Marta Muslin – an Associate to Equality in Tourism and National Coordinator of the Indonesia Waste Platform (IWP) – was invited to participate in one of the ‘UNEP Seminars’ (see video below) that addressed how to integrate gender equality in tourism operations, and was moderated by Travel Matter’s founder Karen Simmonds.

Marta presented an interesting grassroots response to the problem of waste in the eastern regions of Indonesia. What is today called the Komodo Model, started on the island of Komodo in 2020, as an organised answer to the COVID pandemic and the lack of tourism-related jobs.

Defined as a ‘community-based waste management system’, the ‘Komodo model’ is an opportunity to tackle an ongoing waste problem for Indonesian coastal regions, and provides local sustainable development led by local women and young people, while also reducing the pressure on the natural environment caused by traditional frequent burning of waste.

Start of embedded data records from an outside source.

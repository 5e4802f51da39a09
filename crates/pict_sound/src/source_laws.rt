// Laws of typed programs. Each is a function that does nothing: its contract is the law.

ghost use Rattle.pict_sound.specs.SourceLaws.{ProgramIsNeverWrong, ProgramRunsAreNotWrong, ProgramStepsAreNotWrong};

/// A typed program is never wrong: in no configuration that free steps reach from the opening one of its core process,
/// whichever ready process acts each time, is a value of another shape sent on, received from, tested, given to a
/// primitive or matched. So in its oldest-first run no step is wrong, and no run of it ends by a wrong step.
pub fn law_never_wrong()
    ensures any_order { ProgramIsNeverWrong }
    ensures steps { ProgramStepsAreNotWrong }
    ensures ends { ProgramRunsAreNotWrong }
{}
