// The laws of what words come to, each as the contract of a function that does nothing.

ghost use Rattle.pict_top.specs.Laws.{BuiltRunsAsText, LoadNeedsNoShelf, OneOutcome, OneSiteRunsAsText, PickedIsAnswered};

/// Over a shelf that tells its texts the words come to exactly one outcome.
pub fn law_one_outcome()
    ensures { OneOutcome }
{}

/// Over any shelf, whether or not it tells its texts, `load N` comes to exactly one outcome, and no file is read.
pub fn law_load_needs_no_shelf()
    ensures { LoadNeedsNoShelf }
{}

/// What `picked` writes is answered `yes` by `replay`, over the same program, unless it is longer than a text may be or values nest
/// deeper than in a line that is read.
pub fn law_picked_is_answered()
    ensures { PickedIsAnswered }
{}

/// What `build` writes of a program is run by `exec` as `run` runs the program: with the same status and the same bytes.
pub fn law_built_runs_as_text()
    ensures { BuiltRunsAsText }
{}

/// On one site a program runs as `run` runs it, whatever the seed: it ends so, and prints the same bytes.
pub fn law_one_site_runs_as_text()
    ensures { OneSiteRunsAsText }
{}
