/// Does what a command does, with its own text or with a file.
fn do_text<S: Shelf, O: Sink, E: Sink>(
    alloc: Global,
    command: Command<'_>,
    shelf: &mut S,
    out: &mut O,
    err: &mut E,
) -> Status
    requires takes { TakesText (plain_command command) }
    requires fuel { fuel_of (plain_command command) ≤ FUEL_LIMIT }
    requires sites { IsSiteCount (sites_of (plain_command command)) }
    ensures meets { Meets (OwesText (given (S.held shelf.old) (origin_of (plain_command command.entry))) (plain_command command.entry))
        (FaultsText (S.held shelf.old) (plain_command command.entry)) (Rose (S.faults shelf.old) (S.faults shelf.new))
        (change_of O.taken O.faults out.old out.new) (change_of E.taken E.faults err.old err.new) result }
    ensures each { Meets (OwesText (given_each (S.held shelf.old) (origin_of (plain_command command.entry))) (plain_command command.entry))
        (FaultsText (S.held shelf.old) (plain_command command.entry)) (Rose (S.faults shelf.old) (S.faults shelf.new))
        (change_of O.taken O.faults out.old out.new) (change_of E.taken E.faults err.old err.new) result
        ⊎ Rose (S.misses shelf.old) (S.misses shelf.new) }
    ensures held { S.held shelf.new ≡ S.held shelf.old }
    ensures counts { (S.faults shelf.old ≤ S.faults shelf.new) × (S.misses shelf.old ≤ S.misses shelf.new)
        × (O.faults out.old ≤ O.faults out.new) × (E.faults err.old ≤ E.faults err.new) }
{
    match own_text(alloc, command) {
        Err(AllocError) => Status::Memory,
        Ok(Some(text)) => do_own(alloc, command, text, out, err),
        Ok(None) => do_file(alloc, command, 0, shelf, out, err),
    }
}

/// Does with a command's own text what the command does.
fn do_own<O: Sink, E: Sink>(
    alloc: Global,
    command: Command<'_>,
    text: Vec<u8>,
    out: &mut O,
    err: &mut E,
) -> Status
    requires takes { TakesText (plain_command command) }
    requires fuel { fuel_of (plain_command command) ≤ FUEL_LIMIT }
    requires sites { IsSiteCount (sites_of (plain_command command)) }
    requires own { IsOwn (origin_of (plain_command command)) text.items }
    ensures meets { Meets (OwesText (MayGive (Some (only (origins.name_of (origin_of (plain_command command.entry))) text.items)))
        (plain_command command.entry)) (λ o. ⊥) ⊥ (change_of O.taken O.faults out.old out.new) (change_of E.taken E.faults err.old err.new) result }
    ensures faults_stay { O.faults out.old ≤ O.faults out.new }
    ensures err_faults_stay { E.faults err.old ≤ E.faults err.new }
{
    let own = text.len() as u64;
    match OneShelf::new(alloc, name_of(command), text) {
        Err(AllocError) => Status::Memory,
        Ok(mut shelf) => do_file(alloc, command, own, &mut shelf, out, err),
    }
}
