// Laws of well typed configurations. Each is a function that does nothing: its contract is the law.

ghost use Rattle.pict_sound.specs.TypingLaws.{FreeStepsKeepTyping, NoChoicesGoWrong, TypedIsNeverWrong, TypedRunsAreNotWrong, TypedStepsAreNotWrong, WellTypedIsNotWrong};

/// Each free step of a well typed configuration gives a well typed one.
pub fn law_free_step_keeps()
    ensures { FreeStepsKeepTyping }
{}

/// A well typed configuration isn't wrong: whichever ready process acts, with whichever parked partner, no value of
/// another shape is sent on, received from, tested, given to a primitive or matched.
pub fn law_not_wrong()
    ensures { WellTypedIsNotWrong }
{}

/// No list of choices leads from a well typed configuration to a wrong one. So no configuration that free steps reach
/// from the opening one of a typed process is wrong.
pub fn law_no_choices_go_wrong()
    ensures choices { NoChoicesGoWrong }
    ensures opening { TypedIsNeverWrong }
{}

/// In an oldest-first run of a typed process no step is wrong, and no run of it ends by a wrong step.
pub fn law_typed_runs_are_right()
    ensures steps { TypedStepsAreNotWrong }
    ensures ends { TypedRunsAreNotWrong }
{}
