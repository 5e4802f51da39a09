// Replay files over accepted programs: each is fetched, read and judged.
ghost use Rattle.std.specs.Prelude.{◌≡◌, ◌≤◌, ◌+◌, ◌⊎◌, ℕ, Option, IfOk, Ok, length, map};
ghost use Rattle.pict_syntax.specs.declared.limits.TheConstants.{TEXT_LIMIT};
ghost use Rattle.pict_core.specs.Closed.{IsClosed};
ghost use Rattle.pict_core.specs.Plain.{plain_core};
ghost use Rattle.pict_outside.specs.Counts.{Rose};
ghost use Rattle.pict_outside.specs.Texts.{Texts};
ghost use Rattle.pict_front.specs.Answers.{plain_front};
ghost use Rattle.pict_front.specs.Laws.{IsAccepted};
ghost use Rattle.pict_gather.specs.Fetching.{text, MayGive};
ghost use Rattle.pict_reduction.specs.Reached.{NoFreeRunIsWrong};
ghost use Rattle.pict_trace.specs.Plain.{plain_line};
ghost use Rattle.pict_replay.specs.Plain.{place_of};
ghost use Rattle.pict_replay.specs.Verdicts.{IsVerdict};
ghost use Rattle.pict_report.specs.Reports.{position_of, refusal_report};
ghost use Rattle.pict_top.specs.Answer.{alone, byte_at};
ghost use Rattle.pict_top.specs.Changes.{change_of};
ghost use Rattle.pict_top.specs.Meets.{Meets, Reports};
ghost use Rattle.pict_top.specs.Origins.{MayGiveText};
ghost use Rattle.pict_top.specs.Outcome.{status_of_verdict, verdict_line};
ghost use Rattle.pict_top.specs.Owed.{IsTraceFault, OwesReplay};

use crate::status::Status;
use crate::top::{refuse, report_line, tell};
use pict_core::Core;
use pict_front::Front;
use pict_lower::lower;
use pict_outside::{Fetched, Shelf, ShelfError, Sink};
use pict_replay::{FileError, ReplayFile, Verdict, read_file, replay};
use pict_syntax::{Bytes, Code, Source, Sources, Span, TEXT_LIMIT};
use std::alloc::{AllocError, Global};

/// Fetches the replay file of this name, and says whether it agrees with an accepted program.
pub fn replay_over<S: Shelf, O: Sink, E: Sink>(
    alloc: Global,
    trace: &str,
    shelf: &mut S,
    front: Front,
    out: &mut O,
    err: &mut E,
) -> Status
    requires few { length front.names ≤ TEXT_LIMIT + TEXT_LIMIT }
    requires accepted { IsAccepted (plain_front front) }
    requires closed { IsClosed (plain_core front.core) }
    ensures meets { Meets (OwesReplay (MayGive (S.held shelf.old)) trace.now (plain_front front)) (IsTraceFault trace.now)
        (Rose (S.faults shelf.old) (S.faults shelf.new)) (change_of O.taken O.faults out.old out.new) (change_of E.taken E.faults err.old err.new) result }
    ensures each { Meets (OwesReplay (MayGiveText (S.held shelf.old)) trace.now (plain_front front)) (IsTraceFault trace.now)
        (Rose (S.faults shelf.old) (S.faults shelf.new)) (change_of O.taken O.faults out.old out.new) (change_of E.taken E.faults err.old err.new) result
        ⊎ Rose (S.misses shelf.old) (S.misses shelf.new) }
    ensures held { S.held shelf.new ≡ S.held shelf.old }
    ensures counts { (S.faults shelf.old ≤ S.faults shelf.new) × (S.misses shelf.old ≤ S.misses shelf.new)
        × (O.faults out.old ≤ O.faults out.new) × (E.faults err.old ≤ E.faults err.new) }
{
    let name = trace.as_bytes();
    match shelf.fetch(alloc, trace, TEXT_LIMIT) {
        Err(ShelfError::Memory) => Status::Memory,
        Err(ShelfError::Failed) => {
            report_line(alloc, name, ": cannot be read", Status::ReadFault, err)
        }
        Ok(Fetched::Missing) => report_line(alloc, name, ": no such file", Status::Missing, err),
        Ok(Fetched::TooLong(_)) => refuse_alone(alloc, name, Vec::new(alloc), 0, Code::B1, err),
        Ok(Fetched::Text(found)) => judge_text(alloc, name, found, front, out, err),
    }
}

/// Reports a refusal at a byte of a text, by its name.
pub(crate) fn refuse_alone<E: Sink>(
    alloc: Global,
    name: &[u8],
    found: Vec<u8>,
    at: u32,
    code: Code,
    err: &mut E,
) -> Status
    requires short { length found.items ≤ TEXT_LIMIT }
    ensures text { Reports Status.Refused (refusal_report (position_of (alone name.now found.items) (byte_at at)) code)
        (change_of E.taken E.faults err.old err.new) result }
    ensures faults_stay { E.faults err.old ≤ E.faults err.new }
{
    let place = Span {
        text: 0,
        start: at,
        end: at,
    };
    match sources_of(alloc, name, found) {
        Err(AllocError) => Status::Memory,
        Ok(sources) => refuse(alloc, &sources, place, code, err),
    }
}

/// A text under this name, and no other.
fn sources_of(alloc: Global, name: &[u8], found: Vec<u8>) -> Result<Sources, AllocError>
    ensures { IfOk result (λ sources. sources.list.items ≡ alone name.now found.items) }
{
    let mut sources = Sources::new(alloc);
    let name = Bytes::copy_of(alloc, name)?;
    let text = Bytes::from_vec(found);
    sources.list.push(Source { name, text })?;
    Ok(sources)
}

/// Says whether a text agrees with an accepted program, or where it is no replay file.
fn judge_text<O: Sink, E: Sink>(
    alloc: Global,
    name: &[u8],
    found: Vec<u8>,
    front: Front,
    out: &mut O,
    err: &mut E,
) -> Status
    requires short { length found.items ≤ TEXT_LIMIT }
    requires few { length front.names ≤ TEXT_LIMIT + TEXT_LIMIT }
    requires accepted { IsAccepted (plain_front front) }
    requires closed { IsClosed (plain_core front.core) }
    ensures meets { (held : Option Texts) → MayGive held name.now (text found.items) → Meets (OwesReplay (MayGive held) name.now (plain_front front)) (λ o. ⊥) ⊥
        (change_of O.taken O.faults out.old out.new) (change_of E.taken E.faults err.old err.new) result }
    ensures each { (held : Option Texts) → MayGive held name.now (text found.items)
        → Meets (OwesReplay (MayGiveText held) name.now (plain_front front)) (λ o. ⊥) ⊥
        (change_of O.taken O.faults out.old out.new) (change_of E.taken E.faults err.old err.new) result }
    ensures faults_stay { O.faults out.old ≤ O.faults out.new }
    ensures err_faults_stay { E.faults err.old ≤ E.faults err.new }
{
    let Front { core, mut names } = front;
    let file = match read_file(alloc, &mut names, &found) {
        Ok(file) => file,
        Err(FileError::Memory) => return Status::Memory,
        Err(FileError::NoFile(at)) => {
            return refuse_alone(alloc, name, found, at as u32, Code::V1, err);
        }
    };
    match judge(alloc, &core, &file) {
        Err(AllocError) => Status::Memory,
        Ok(verdict) => tell_verdict(alloc, verdict, out),
    }
}

/// Whether the choices and the lines of a file agree with a process, of which no free run may be wrong.
fn judge(alloc: Global, core: &Core, file: &ReplayFile) -> Result<Verdict, AllocError>
    requires closed { IsClosed (plain_core core.now) }
    requires right { NoFreeRunIsWrong (plain_core core.now) }
    ensures yes { result ≡ Ok Verdict.Yes
        → IsVerdict (plain_core core.now) (map place_of file.now.choices.items) (map plain_line file.now.expected.items) Verdict.Yes }
    ensures no { (number : ℕ) → result ≡ Ok (Verdict.No number)
        → IsVerdict (plain_core core.now) (map place_of file.now.choices.items) (map plain_line file.now.expected.items) (Verdict.No number) }
{
    let code = lower(alloc, core)?;
    replay(alloc, code, &file.choices, &file.expected)
}

/// Writes a verdict.
fn tell_verdict<O: Sink>(alloc: Global, verdict: Verdict, out: &mut O) -> Status
    ensures text { Reports (status_of_verdict verdict) (verdict_line verdict) (change_of O.taken O.faults out.old out.new) result }
    ensures faults_stay { O.faults out.old ≤ O.faults out.new }
{
    match verdict {
        Verdict::Yes => tell(b"yes\n", Status::Done, out),
        Verdict::No(number) => match format!(in alloc; "no {number}\n") {
            Err(_) => Status::Memory,
            Ok(line) => tell(line.as_bytes(), Status::Rejected, out),
        },
    }
}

The key to success relies on what is more than simple collaboration. The community-led development project, which is tailor-made to adapt to the different local circumstances is, in fact, based on the involvement of both the central and local government, as well as local non-governmental actors and the Indonesian recycling sector; but also, very importantly, it ‘advocates community engagement in decision-making and management, with a goal of using communities’ local knowledge and resources’.

Moving to New Collective Solutions

By reaching the end of another Plastic Free July, we hope that all the new opportunities to collaborate have lightened the pressure on our environment and reduced the amount of plastic we use.

However, what we hope for the most, is that people become aware – directly or indirectly – that we are all active parts of the solution, and knowing that we are not alone in the challenge, we can realise the immense power we have to transform our own societies.

The plastic issue, as well as the bigger issue of the climate crisis, creates precious opportunities to come together as an industry, and reinvent, redefine, and re-establish how we do tourism. The old practices need to change and make space for new habits.